Data extracted from a collection

_ _ _ _ _ _ _

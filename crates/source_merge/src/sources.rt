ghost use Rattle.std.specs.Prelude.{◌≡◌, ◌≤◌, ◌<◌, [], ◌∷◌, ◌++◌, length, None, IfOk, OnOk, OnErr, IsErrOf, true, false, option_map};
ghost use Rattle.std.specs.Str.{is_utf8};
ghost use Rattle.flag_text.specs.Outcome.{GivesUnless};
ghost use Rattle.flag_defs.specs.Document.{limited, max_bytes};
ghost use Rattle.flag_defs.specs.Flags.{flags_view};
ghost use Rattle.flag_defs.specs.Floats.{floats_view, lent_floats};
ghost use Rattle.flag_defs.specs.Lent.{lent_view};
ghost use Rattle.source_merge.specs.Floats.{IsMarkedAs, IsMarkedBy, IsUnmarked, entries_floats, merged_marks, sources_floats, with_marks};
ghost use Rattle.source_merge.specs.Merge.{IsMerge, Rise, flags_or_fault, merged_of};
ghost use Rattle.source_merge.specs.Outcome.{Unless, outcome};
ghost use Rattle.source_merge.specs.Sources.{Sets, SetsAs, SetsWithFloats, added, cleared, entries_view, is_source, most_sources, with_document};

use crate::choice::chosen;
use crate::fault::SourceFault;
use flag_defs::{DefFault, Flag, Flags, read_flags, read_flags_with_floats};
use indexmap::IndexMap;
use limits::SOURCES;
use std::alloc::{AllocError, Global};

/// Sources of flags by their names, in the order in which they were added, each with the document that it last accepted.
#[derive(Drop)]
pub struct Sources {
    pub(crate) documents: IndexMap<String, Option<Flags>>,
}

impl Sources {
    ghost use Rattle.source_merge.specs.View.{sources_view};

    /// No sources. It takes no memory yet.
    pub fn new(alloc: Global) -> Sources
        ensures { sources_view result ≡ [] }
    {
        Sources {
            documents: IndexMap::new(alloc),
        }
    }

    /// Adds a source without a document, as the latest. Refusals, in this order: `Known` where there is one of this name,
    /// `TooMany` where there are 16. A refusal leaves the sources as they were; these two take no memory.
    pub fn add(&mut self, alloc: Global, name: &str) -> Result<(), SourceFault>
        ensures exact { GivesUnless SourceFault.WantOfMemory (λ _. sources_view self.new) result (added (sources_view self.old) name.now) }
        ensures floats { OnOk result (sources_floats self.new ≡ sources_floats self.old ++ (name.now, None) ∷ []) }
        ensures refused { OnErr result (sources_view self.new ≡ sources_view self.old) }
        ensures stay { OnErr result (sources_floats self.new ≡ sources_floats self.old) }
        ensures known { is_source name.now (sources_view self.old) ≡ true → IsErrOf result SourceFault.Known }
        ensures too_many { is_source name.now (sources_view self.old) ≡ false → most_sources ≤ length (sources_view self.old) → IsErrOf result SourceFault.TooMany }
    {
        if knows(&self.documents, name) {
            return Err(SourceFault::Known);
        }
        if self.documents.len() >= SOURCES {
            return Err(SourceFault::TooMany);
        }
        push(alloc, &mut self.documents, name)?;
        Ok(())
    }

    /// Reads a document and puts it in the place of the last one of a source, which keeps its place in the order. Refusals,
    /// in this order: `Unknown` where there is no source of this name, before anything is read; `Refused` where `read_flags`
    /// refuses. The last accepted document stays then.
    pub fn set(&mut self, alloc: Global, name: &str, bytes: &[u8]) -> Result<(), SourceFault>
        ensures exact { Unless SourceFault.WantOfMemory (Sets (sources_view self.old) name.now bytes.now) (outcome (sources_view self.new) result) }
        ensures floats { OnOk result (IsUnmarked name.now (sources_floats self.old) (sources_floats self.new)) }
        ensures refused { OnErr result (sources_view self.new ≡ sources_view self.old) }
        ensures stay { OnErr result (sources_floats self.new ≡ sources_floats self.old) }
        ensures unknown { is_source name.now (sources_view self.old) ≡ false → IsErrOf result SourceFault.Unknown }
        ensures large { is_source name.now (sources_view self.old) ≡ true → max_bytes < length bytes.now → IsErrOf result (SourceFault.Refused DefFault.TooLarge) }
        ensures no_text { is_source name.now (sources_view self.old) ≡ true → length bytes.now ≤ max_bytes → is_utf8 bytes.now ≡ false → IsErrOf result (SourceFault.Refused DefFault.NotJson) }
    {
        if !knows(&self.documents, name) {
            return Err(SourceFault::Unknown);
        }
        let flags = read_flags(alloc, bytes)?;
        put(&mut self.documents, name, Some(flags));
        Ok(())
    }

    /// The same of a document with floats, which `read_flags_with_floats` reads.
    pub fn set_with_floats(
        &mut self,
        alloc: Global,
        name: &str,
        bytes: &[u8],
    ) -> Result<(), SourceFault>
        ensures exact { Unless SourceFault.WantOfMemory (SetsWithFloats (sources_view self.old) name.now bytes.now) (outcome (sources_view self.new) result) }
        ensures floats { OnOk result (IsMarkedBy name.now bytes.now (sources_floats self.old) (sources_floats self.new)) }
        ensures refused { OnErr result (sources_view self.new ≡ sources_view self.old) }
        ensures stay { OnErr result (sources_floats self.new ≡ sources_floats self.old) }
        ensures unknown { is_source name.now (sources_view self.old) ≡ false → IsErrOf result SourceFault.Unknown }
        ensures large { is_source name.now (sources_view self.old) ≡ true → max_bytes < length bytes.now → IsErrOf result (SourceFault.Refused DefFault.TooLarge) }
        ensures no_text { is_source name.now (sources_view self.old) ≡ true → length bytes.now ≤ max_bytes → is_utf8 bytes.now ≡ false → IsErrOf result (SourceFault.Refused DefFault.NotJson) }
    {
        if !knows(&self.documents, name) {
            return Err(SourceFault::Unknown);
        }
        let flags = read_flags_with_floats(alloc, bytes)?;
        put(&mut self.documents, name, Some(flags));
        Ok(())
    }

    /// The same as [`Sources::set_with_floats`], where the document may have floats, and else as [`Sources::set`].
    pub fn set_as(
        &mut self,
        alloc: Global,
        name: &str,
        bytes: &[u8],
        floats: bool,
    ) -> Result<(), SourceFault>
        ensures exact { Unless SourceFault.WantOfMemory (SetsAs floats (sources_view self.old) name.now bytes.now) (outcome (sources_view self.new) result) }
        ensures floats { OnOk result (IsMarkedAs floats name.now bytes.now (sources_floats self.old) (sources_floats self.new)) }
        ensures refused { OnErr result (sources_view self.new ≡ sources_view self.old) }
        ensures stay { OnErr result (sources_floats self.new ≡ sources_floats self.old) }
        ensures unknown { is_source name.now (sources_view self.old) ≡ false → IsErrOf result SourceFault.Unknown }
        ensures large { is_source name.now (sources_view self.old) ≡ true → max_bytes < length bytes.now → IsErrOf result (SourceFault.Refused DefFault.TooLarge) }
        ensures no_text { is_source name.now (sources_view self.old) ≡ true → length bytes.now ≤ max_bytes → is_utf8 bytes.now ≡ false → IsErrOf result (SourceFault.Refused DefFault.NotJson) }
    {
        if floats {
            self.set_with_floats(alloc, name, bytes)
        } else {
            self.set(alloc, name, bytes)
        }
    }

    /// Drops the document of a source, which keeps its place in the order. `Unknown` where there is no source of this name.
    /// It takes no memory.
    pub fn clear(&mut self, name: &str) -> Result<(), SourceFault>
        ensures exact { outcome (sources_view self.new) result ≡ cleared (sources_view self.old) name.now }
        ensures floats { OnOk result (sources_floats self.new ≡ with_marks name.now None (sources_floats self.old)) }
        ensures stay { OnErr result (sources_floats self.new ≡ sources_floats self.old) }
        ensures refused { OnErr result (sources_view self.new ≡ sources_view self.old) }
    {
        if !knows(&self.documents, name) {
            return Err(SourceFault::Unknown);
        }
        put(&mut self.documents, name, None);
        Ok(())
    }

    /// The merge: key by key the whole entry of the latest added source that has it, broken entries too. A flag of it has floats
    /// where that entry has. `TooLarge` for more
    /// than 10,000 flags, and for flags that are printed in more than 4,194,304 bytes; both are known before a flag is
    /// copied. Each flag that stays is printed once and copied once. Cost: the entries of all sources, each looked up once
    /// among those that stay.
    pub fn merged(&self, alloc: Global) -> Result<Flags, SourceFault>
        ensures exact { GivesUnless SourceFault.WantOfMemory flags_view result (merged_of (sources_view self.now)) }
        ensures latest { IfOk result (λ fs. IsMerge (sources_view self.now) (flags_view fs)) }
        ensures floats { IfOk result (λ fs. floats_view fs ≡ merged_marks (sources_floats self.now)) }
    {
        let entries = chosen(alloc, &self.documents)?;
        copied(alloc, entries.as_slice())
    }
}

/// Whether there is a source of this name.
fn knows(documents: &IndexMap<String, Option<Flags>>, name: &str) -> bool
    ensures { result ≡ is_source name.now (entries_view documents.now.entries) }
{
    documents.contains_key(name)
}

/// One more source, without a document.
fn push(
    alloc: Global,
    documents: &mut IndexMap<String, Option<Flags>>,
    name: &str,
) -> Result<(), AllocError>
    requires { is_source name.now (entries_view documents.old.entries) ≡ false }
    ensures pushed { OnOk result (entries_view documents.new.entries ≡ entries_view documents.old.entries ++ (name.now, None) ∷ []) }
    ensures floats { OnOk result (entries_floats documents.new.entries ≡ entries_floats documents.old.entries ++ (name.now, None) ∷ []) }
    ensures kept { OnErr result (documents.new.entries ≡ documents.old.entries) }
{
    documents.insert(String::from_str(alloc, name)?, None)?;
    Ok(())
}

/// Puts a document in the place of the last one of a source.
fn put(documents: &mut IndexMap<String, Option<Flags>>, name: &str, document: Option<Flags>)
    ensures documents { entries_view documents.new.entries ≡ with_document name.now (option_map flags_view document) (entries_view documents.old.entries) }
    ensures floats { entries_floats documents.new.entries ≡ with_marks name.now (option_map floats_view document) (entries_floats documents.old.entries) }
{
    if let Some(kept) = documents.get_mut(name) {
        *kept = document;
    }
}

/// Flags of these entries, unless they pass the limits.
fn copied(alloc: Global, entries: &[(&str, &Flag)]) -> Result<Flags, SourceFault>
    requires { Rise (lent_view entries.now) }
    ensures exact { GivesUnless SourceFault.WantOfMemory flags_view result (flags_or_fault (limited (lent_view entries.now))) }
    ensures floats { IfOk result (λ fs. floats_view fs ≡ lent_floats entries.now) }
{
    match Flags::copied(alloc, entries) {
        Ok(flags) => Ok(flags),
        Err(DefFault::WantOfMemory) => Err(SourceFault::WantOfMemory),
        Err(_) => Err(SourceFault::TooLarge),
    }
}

_ _ _ _ _ _ _

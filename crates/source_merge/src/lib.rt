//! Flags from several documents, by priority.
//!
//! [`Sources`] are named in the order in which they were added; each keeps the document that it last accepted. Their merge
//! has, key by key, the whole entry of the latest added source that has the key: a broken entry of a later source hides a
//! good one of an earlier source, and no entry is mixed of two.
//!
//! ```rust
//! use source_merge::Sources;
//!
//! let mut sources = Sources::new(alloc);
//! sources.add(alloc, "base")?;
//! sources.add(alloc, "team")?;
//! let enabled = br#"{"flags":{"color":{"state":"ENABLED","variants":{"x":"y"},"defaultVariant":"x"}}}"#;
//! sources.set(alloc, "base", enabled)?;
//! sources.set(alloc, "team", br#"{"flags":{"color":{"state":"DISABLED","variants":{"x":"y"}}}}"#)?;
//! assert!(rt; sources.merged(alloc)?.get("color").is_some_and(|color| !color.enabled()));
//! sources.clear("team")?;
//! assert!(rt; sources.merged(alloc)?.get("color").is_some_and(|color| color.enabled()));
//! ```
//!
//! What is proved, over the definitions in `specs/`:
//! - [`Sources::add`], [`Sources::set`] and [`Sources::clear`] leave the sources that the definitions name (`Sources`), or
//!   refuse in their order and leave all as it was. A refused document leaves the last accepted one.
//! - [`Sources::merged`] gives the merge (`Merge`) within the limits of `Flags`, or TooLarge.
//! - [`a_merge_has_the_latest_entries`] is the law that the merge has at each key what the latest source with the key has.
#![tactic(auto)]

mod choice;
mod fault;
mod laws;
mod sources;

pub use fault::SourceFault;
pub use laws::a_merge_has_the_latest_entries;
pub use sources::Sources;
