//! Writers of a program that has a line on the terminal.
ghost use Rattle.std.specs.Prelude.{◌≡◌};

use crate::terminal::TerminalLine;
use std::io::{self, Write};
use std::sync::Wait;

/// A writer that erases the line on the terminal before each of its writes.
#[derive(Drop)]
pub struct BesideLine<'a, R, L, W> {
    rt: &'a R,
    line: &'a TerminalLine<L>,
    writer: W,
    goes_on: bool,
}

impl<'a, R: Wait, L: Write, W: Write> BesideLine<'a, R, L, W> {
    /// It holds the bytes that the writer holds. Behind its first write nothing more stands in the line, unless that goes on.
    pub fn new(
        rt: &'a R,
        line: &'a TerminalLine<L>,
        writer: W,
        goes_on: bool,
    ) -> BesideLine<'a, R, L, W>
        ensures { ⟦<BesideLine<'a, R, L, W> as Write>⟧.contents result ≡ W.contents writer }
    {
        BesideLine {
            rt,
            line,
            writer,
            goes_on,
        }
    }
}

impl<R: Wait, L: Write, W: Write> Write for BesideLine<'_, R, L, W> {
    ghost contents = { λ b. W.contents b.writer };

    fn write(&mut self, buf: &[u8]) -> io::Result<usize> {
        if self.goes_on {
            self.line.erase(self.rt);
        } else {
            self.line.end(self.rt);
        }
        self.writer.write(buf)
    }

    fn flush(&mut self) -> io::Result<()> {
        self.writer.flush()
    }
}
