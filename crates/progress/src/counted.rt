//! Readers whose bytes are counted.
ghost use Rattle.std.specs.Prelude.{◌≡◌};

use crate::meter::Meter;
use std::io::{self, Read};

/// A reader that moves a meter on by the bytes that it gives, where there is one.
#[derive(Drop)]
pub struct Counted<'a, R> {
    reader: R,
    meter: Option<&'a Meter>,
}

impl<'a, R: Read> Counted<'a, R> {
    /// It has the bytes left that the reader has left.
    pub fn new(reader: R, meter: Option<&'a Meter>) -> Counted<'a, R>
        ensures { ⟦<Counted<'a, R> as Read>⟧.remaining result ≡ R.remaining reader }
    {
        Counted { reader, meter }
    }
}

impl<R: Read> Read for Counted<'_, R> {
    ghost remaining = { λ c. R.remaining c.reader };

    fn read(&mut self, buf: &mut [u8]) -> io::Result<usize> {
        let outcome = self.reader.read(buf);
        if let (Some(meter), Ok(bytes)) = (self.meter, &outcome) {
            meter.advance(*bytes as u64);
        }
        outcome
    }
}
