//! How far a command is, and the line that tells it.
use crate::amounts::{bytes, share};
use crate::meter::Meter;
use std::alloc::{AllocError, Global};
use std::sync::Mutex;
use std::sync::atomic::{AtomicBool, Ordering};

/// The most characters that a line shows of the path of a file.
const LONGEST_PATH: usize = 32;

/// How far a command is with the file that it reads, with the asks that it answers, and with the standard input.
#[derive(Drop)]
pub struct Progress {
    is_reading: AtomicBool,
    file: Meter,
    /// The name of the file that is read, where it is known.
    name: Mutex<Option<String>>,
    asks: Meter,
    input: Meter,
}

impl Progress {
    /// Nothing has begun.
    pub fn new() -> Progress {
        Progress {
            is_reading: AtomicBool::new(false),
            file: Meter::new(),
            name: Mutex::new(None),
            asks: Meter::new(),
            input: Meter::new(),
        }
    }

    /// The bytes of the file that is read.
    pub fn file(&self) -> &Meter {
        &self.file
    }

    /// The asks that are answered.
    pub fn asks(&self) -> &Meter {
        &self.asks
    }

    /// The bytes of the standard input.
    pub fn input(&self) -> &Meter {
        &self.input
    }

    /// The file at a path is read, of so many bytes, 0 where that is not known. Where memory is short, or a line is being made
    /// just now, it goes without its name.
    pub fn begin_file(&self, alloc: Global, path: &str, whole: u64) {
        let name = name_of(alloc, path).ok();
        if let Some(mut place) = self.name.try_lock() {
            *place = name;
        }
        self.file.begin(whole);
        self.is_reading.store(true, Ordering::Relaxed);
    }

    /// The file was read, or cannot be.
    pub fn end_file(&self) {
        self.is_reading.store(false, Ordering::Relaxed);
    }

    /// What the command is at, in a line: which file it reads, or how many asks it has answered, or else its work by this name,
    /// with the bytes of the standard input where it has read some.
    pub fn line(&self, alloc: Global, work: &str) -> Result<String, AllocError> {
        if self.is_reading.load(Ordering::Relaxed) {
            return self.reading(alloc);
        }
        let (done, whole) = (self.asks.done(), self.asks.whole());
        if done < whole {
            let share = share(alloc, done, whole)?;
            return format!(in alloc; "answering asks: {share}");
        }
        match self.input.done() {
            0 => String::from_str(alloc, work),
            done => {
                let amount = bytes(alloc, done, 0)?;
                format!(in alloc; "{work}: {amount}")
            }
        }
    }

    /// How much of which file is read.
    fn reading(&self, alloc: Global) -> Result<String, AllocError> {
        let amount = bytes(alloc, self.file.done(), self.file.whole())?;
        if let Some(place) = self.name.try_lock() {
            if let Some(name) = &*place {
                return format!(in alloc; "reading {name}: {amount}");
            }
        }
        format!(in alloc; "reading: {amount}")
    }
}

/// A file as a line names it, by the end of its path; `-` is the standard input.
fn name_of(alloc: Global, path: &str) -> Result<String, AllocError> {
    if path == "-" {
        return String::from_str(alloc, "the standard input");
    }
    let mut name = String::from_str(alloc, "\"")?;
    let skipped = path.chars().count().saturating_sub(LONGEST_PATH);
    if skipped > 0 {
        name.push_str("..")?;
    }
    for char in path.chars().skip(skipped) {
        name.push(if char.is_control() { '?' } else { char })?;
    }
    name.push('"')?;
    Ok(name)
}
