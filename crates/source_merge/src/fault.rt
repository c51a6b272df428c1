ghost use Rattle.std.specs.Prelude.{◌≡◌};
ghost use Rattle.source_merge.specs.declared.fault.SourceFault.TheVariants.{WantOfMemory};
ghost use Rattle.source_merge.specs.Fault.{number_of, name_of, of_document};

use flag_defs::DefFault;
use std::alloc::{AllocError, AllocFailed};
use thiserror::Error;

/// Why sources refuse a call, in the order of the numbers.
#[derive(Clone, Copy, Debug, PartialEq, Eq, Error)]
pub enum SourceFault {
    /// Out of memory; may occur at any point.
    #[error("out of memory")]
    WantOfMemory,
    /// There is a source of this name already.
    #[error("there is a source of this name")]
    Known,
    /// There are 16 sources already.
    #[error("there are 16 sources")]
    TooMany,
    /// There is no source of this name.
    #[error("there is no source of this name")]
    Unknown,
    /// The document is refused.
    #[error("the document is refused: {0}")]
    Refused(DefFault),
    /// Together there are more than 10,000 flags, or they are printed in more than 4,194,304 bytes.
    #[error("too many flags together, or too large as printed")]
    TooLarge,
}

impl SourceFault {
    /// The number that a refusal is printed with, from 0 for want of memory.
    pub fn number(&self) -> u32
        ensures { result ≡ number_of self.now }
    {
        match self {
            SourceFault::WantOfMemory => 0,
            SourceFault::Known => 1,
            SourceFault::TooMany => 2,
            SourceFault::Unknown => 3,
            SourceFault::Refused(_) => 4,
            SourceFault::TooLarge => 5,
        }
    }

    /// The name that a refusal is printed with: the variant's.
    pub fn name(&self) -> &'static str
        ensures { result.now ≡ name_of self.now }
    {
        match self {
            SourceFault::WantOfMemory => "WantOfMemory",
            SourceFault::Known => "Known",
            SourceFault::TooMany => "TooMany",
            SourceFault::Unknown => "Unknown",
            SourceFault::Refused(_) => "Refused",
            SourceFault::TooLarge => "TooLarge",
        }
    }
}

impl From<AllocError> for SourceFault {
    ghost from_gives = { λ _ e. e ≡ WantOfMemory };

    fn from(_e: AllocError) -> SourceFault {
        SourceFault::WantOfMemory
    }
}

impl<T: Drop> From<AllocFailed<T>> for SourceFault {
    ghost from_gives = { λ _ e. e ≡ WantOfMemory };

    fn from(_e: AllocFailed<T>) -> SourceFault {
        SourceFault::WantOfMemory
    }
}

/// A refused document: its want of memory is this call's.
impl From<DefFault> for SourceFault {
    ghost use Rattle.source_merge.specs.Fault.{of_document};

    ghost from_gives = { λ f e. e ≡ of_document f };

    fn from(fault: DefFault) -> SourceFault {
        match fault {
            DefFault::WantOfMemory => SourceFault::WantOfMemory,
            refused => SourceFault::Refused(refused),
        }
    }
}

_ _ _ _ _ _ _

**ACTIVITY**
Find the lines in the entries above where "usize" occurs, and copy each of them.

**REPLY**
    fn write(&mut self, buf: &[u8]) -> io::Result<usize> {
    fn read(&mut self, buf: &mut [u8]) -> io::Result<usize> {
const LONGEST_PATH: usize = 32;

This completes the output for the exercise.